What reading about and seeing pictures of SpaceShipOne and its carrier plane (somewhat dorkily called the White Knight) hadn’t prepared me for was how beautifully unusual they are. I likened the White Knight to a giant dragonfly; someone else said it looks like it’s an origami plane. The impression it gives is fragility, but during a post-launch fly-by it did a roaring brief climb to show that it’s a real honest-to-goodness gutsy jet plane.

The launch process is a long one: It takes the carrier plane a full hour to get to the 50,000-foot launch altitude, and the whole time the aircraft are circling the airport. The ships are both white, so what you see looks like a seagull wheeling higher and higher into the heavens. Eventually, the carrier plane leaves a gently arcing contrail in the perfectly clear blue desert sky. It’s space and technology, but there’s plenty of poetry in this launch system, too.

My stories on the flight — a successful one and a true milestone in aviation history, are on the Wired News site:

The prequel: Space Shot on a Shoestring.

And the launch story: Private Space Shot a Success.
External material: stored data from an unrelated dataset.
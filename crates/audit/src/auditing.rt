// A whole run, and the promise over every run.
ghost use Rattle.book.specs.Books.{StandsIn};
ghost use Rattle.book.specs.Calls.{Call};
ghost use Rattle.book.specs.Table.{IsInOrder, rows};
ghost use Rattle.book.specs.Views.{View};
ghost use Rattle.audit.specs.Audits.{MakesRun};
ghost use Rattle.audit.specs.Laws.{Promise};

use crate::analyst::Analyst;
use book::{Answer, Book, perform};
use ledger::Entry;
use store::{Hour, Quarter};
use tariff::Schedule;

/// Makes a book over lent memory, performs the calls that the analyst chooses, each after it was
/// shown what the last one answered, until it stops or was asked `turns` times, and hands the book
/// back. The contract says which run that was, that all calls are refused by one table, what holds of
/// every run, and where what a book holds stands in its memory.
pub fn audit<'q, 'h, 'e, 'd, S: Schedule, A: Analyst<'d>>(
    quarters: &'q mut [Quarter],
    hours: &'h mut [Hour],
    entries: &'e mut [Entry],
    schedule: &S,
    analyst: &mut A,
    turns: usize,
) -> Book<'q, 'h, 'e>
    ensures made { MakesRun A.chooses (S.meaning schedule.now) turns analyst.old
        quarters.entry hours.entry entries.entry analyst.new result }
    ensures ordered { (call : Call) (v : View) → IsInOrder (rows (S.meaning schedule.now) call v) }
    ensures promise { Promise (S.meaning schedule.now) }
    ensures stands { (book : _) → StandsIn book }
{
    let mut book = Book::new(quarters, hours, entries);
    let mut last = Answer::Begun;
    for _turn in 0..turns {
        let Some(request) = analyst.next(&last) else {
            return book;
        };
        last = perform(&mut book, schedule, request);
    }
    book
}
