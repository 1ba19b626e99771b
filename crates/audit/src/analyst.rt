// Who chooses the calls of a run.
ghost use Rattle.audit.specs.Audits.{Chooses, next_call};

use book::{Answer, Request};

/// An analyst is shown what the last call answered, refusals too, and chooses the next call or
/// stops. What a request lends outlives the analyst, so that the analyst can be asked again while
/// the request is performed.
pub trait Analyst<'d> {
    // which call it chooses, by what it knows and the last answer, and what it knows then
    ghost chooses: { Chooses Self };

    /// The next call, or `None` where the run ends; `last` is [`Answer::Begun`] before the first.
    fn next(&mut self, last: &Answer) -> Option<Request<'d>>
        ensures { chooses self.old last.now (next_call result) self.new };
}
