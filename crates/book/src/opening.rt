// Opening a book for its point, and starting its months.
ghost use Rattle.std.specs.Prelude.{◌≡◌};
ghost use Rattle.tariff.specs.Pricing.{Meaning};

use crate::book::Book;
use crate::parts::lend_store;
use crate::point::{Point, PointCode};
use store::Store;
use tariff::{Capacities, Refusal};

impl Book<'_, '_, '_> {
    ghost use Rattle.book.specs.Books.{Performs};
    ghost use Rattle.book.specs.Calls.{opens, starts};
    ghost use Rattle.book.specs.PointCodes.{code_bytes};

    /// Opens a blank book for a point: its code, its contract and its substation total in kW, with
    /// 1 ≤ contract ≤ substation ≤ 1,000,000, and the peaks in kW of the months before month 1, the
    /// latest first, 24 at the most. Refused where it is open already, or a value is outside its
    /// limit.
    pub fn open(
        &mut self,
        code: PointCode,
        contract: u32,
        substation: u32,
        carried: &[u32],
    ) -> Result<(), Refusal>
        ensures { (meaning : Meaning)
            → Performs meaning (opens (code_bytes code) contract substation carried.now)
            self.old result self.new }
    {
        if self.point.is_some() {
            return Err(Refusal::BookOpen);
        }
        let capacities = Capacities::new(contract, substation).ok_or(Refusal::OpeningOutside)?;
        lend_store!(self, store);
        store.carry(carried)?;
        self.point = Some(Point { code, capacities });
        Ok(())
    }

    /// Starts the next month, of 28 to 31 days; answers its number, from 1. Refused where the
    /// memory holds no further month, and for other days.
    pub fn start(&mut self, days: u32) -> Result<u32, Refusal>
        ensures { (meaning : Meaning) → Performs meaning (starts days) self.old result self.new }
    {
        self.open_point(0)?;
        lend_store!(self, store);
        store.start(days)
    }
}
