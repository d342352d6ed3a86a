// Prints the listings of sheet texts from standard input, each behind its length in six decimal digits and a newline. The files stdin and stdout beside this program were made by
// `oracle/listings`: the listings are the Rust's.
#![tactic(auto)]

use std::io;
use std::io::{BufWriter, Write};

fn answer<W: Write>(out: &mut W, text: &[u8]) -> io::Result<()> {
    let mut lines = [0u8; 192352];
    let n = listing::whole::listing(text, &mut lines);
    out.write_all(&lines[..n])
}

fn main(rt: HostRuntime) -> io::Result<()> {
    let mut input = rt.stdin();
    let mut out = BufWriter::new(rt.alloc(), rt.stdout())?;
    for _ in 0..1000000 {
        let mut buf = [0u8; 65537];
        let Some(n) = streams::next_text(&mut input, &mut buf)? else {
            break;
        };
        if let Some(text) = buf.get(..n) {
            answer(&mut out, text)?;
        }
    }
    out.flush()
}
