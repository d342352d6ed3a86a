// Calls with values that no text gives, and what document 01's list refuses of them: X, the number and the place, or `accepted`.
// The text on standard input has sixteen coordinates and one slide. First the pose of its description for 16, 15, 17 and 1,000 entries that are counted;
// then, for the slide's axis as it was read, (0,0), (NaN,0) and (0,0) on a body that is its own parent, the calls that take bodies, with 16 entries and with 15:
// `Bodies::pose`, `read_in`, `rows_in` and the prepared `pair_overlap`. The answers stored beside this program were written from document 01.
#![tactic(auto)]

use bodies::pose::{Lent, Placement, Pose};
use bodies::{Bodies, Body, Joint, Problem};
use geometry::{Dir, Point};
use mechanism::rows::RowArrays;
use overlap::prepared::pair_overlap;
use prepared_rows::rows_in;
use reading::Reading;
use reading::prepared::read_in;
use sheet::posed::{LentEntries, lent, posed};
use sheet::{Entries, Sheet};
use std::io;
use std::io::{BufWriter, Write};
use strips::tables::Tables;
use strips::{ChoiceRow, DiscRow, FaceRow, PartRow, PieceRow, PointRow, SideRow};

fn print_outcome<W: Write, T: Drop>(out: &mut W, a: Result<T, Problem>) -> io::Result<()> {
    match a {
        Ok(_) => writeln!(out, "accepted"),
        Err(p) => writeln!(out, "{p}"),
    }
}

// The bodies, of which the first is a slide along (x, y).
fn with_slide(b: Bodies, parent: usize, x: f64, y: f64) -> Bodies {
    let slide = Body {
        parent,
        joint: Joint::Prismatic {
            origin: Point { x: 0.0, y: 0.0 },
            axis: Dir { x, y },
            coord: 0,
        },
    };
    Bodies {
        coords: b.coords,
        count: b.count,
        body: [slide; 15],
    }
}

// Tables of one row each.
#[derive(Drop)]
struct OneRow {
    numbers: [PieceRow; 1],
    points: [PointRow; 1],
    faces: [FaceRow; 1],
    discs: [DiscRow; 1],
    sides: [SideRow; 1],
    choices: [ChoiceRow; 1],
    parts: [PartRow; 1],
}

impl OneRow {
    fn blank() -> OneRow {
        OneRow {
            numbers: [[0; 3]; 1],
            points: [[0.0; 2]; 1],
            faces: [[0.0; 6]; 1],
            discs: [[0.0; 7]; 1],
            sides: [[0; 7]; 1],
            choices: [[0; 32]; 1],
            parts: [[0; 5]; 1],
        }
    }

    fn lent(&self) -> Tables<'_> {
        Tables {
            faces: &self.faces,
            fnames: &self.numbers,
            discs: &self.discs,
            dnames: &self.numbers,
            sides: &self.sides,
            centers: &self.points,
            choices: &self.choices,
            drawn: &self.points,
            sampled: &self.points,
            parts: &self.parts,
        }
    }
}

// A reading of bodies without pairs.
fn read_of(b: Bodies, q: &[Lent]) -> Result<Reading, Problem> {
    let t = OneRow::blank();
    let mut rows = RowArrays::<1, 1>::blank();
    read_in(b, &t.lent(), 0, q, 1.0, &mut rows.lent())
}

// The rows of bodies without pairs.
fn rows_of(b: Bodies, q: Pose) -> Result<usize, Problem> {
    let t = OneRow::blank();
    let mut rows = RowArrays::<1, 1>::blank();
    rows_in(b, &t.lent(), 0, q, 1.0, &mut rows.lent())
}

// The overlap of pair 0 of one.
fn overlap_of(b: Bodies, q: Pose) -> Result<f64, Problem> {
    let t = OneRow::blank();
    pair_overlap(b, &t.lent(), 1, q, 0)
}

// All calls that take bodies, the pose that was placed before among what they are given.
fn print_calls<W: Write>(out: &mut W, b: Bodies, q: &[Lent], placed: Pose) -> io::Result<()> {
    print_outcome(out, b.pose(q))?;
    print_outcome(out, read_of(b, q))?;
    print_outcome(out, rows_of(b, placed))?;
    print_outcome(out, overlap_of(b, placed))
}

// The same with all sixteen entries, and with fifteen and a pose of no bodies.
fn print_both<W: Write>(out: &mut W, b: Bodies, q: LentEntries, placed: Pose) -> io::Result<()> {
    let mut unplaced = placed;
    unplaced.count = 0;
    print_calls(out, b, &q, placed)?;
    print_calls(out, b, &q[..15], unplaced)
}

// With the pose for so many of the entries, and with what the bodies are made into.
fn answer<W: Write>(out: &mut W, s: Sheet, placed: Pose) -> io::Result<()> {
    let entry = s.entries.entry;
    for count in [16, 15, 17, 1000] {
        print_outcome(out, posed(s.mechanism, Entries { count, entry }))?;
    }
    let b = s.mechanism.bodies;
    let q = lent(s.entries);
    print_both(out, b, q, placed)?;
    print_both(out, with_slide(b, 0, 0.0, 0.0), q, placed)?;
    print_both(out, with_slide(b, 0, 0.0 / 0.0, 0.0), q, placed)?;
    print_both(out, with_slide(b, 1, 0.0, 0.0), q, placed)
}

// The smallest text, of no bodies: what is asked about where another is refused.
const NOTHING: &[u8] = b"M,0\nG,0000000000000000\n";

// What a text says, or the smallest one, and the pose of its bodies for all sixteen entries; of no bodies where these are refused.
fn placed(text: &[u8]) -> Result<(Sheet, Pose), Problem> {
    let s = match sheet::read(text) {
        Ok(s) => s,
        Err(_) => sheet::read(NOTHING)?,
    };
    let none = Pose {
        count: 0,
        placement: [Placement::WORLD; 16],
    };
    Ok((s, s.mechanism.bodies.pose(&lent(s.entries)).unwrap_or(none)))
}

fn main(rt: HostRuntime) -> io::Result<()> {
    let mut buf = [0u8; 4096];
    let n = streams::read_full(&mut rt.stdin(), &mut buf)?;
    let mut out = BufWriter::new(rt.alloc(), rt.stdout())?;
    match placed(&buf[..n]) {
        Ok((s, q)) => answer(&mut out, s, q)?,
        Err(p) => writeln!(out, "{p}")?,
    }
    out.flush()
}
Anniversary: Third-Rate Burglary

It’s June 17, the thirty-second anniversary of the Watergate break-in. Man, does Nixon look good now. But I digress. To mark the occasion, a minor-league baseball club in New Hampshire called the Nashua Pride is sponsoring a giveaway: The first 1,000 fans through the gates will get Richard Nixon bobblehead dolls. And that’s not all! Anyone named Woodward or Bernstein will be admitted free, public-address announcements will be suspended for 18 and a half minutes. (This news by way of a segment on NPR’s “Talk of the Nation.”

We Regret the Error …

Well, a couple posts down, I mildly celebrated the first story in my renewed freelance writing career, about a private space launch this coming Monday. And in the first couple of hours after my story was posted on Wired News, I got a couple of very nice notes from readers. But instead of wanting to tell me what a genius I am, they wanted to point out a mistake. I reported that SpaceShipOne rode on top of its carrier plane. That’s not necessarily logical, but that’s the way it looked to me in the pictures, and I’m not an aerospace engineer, so that’s what I wrote. It turns out that the spaceship is carried below the plane, not above it. As someone once said somewhere about a situation like this, or not at all like it, “Shitfire.”

One beauty of online publishing, as opposed to the print kind, is that you can fix an error like that right away. So within about 20 minutes of sending off a correction, my original prose was changed to more accurately reflect reality.

And Speaking of Spaceflight

BoingBoing is hosting a blog account of preparation’s for Monday’s launch of SpaceShipOne from Mojave. Two posts so far: part one and part two. Nice on-the-ground color, along with valuable advice for the mini- or maxi-horde that might descend on Mojave for the launch: “BRING LOTS OF WATER! … Our rule of thumb out here: if you’re not peeing every couple of hours, you’re not drinking enough.”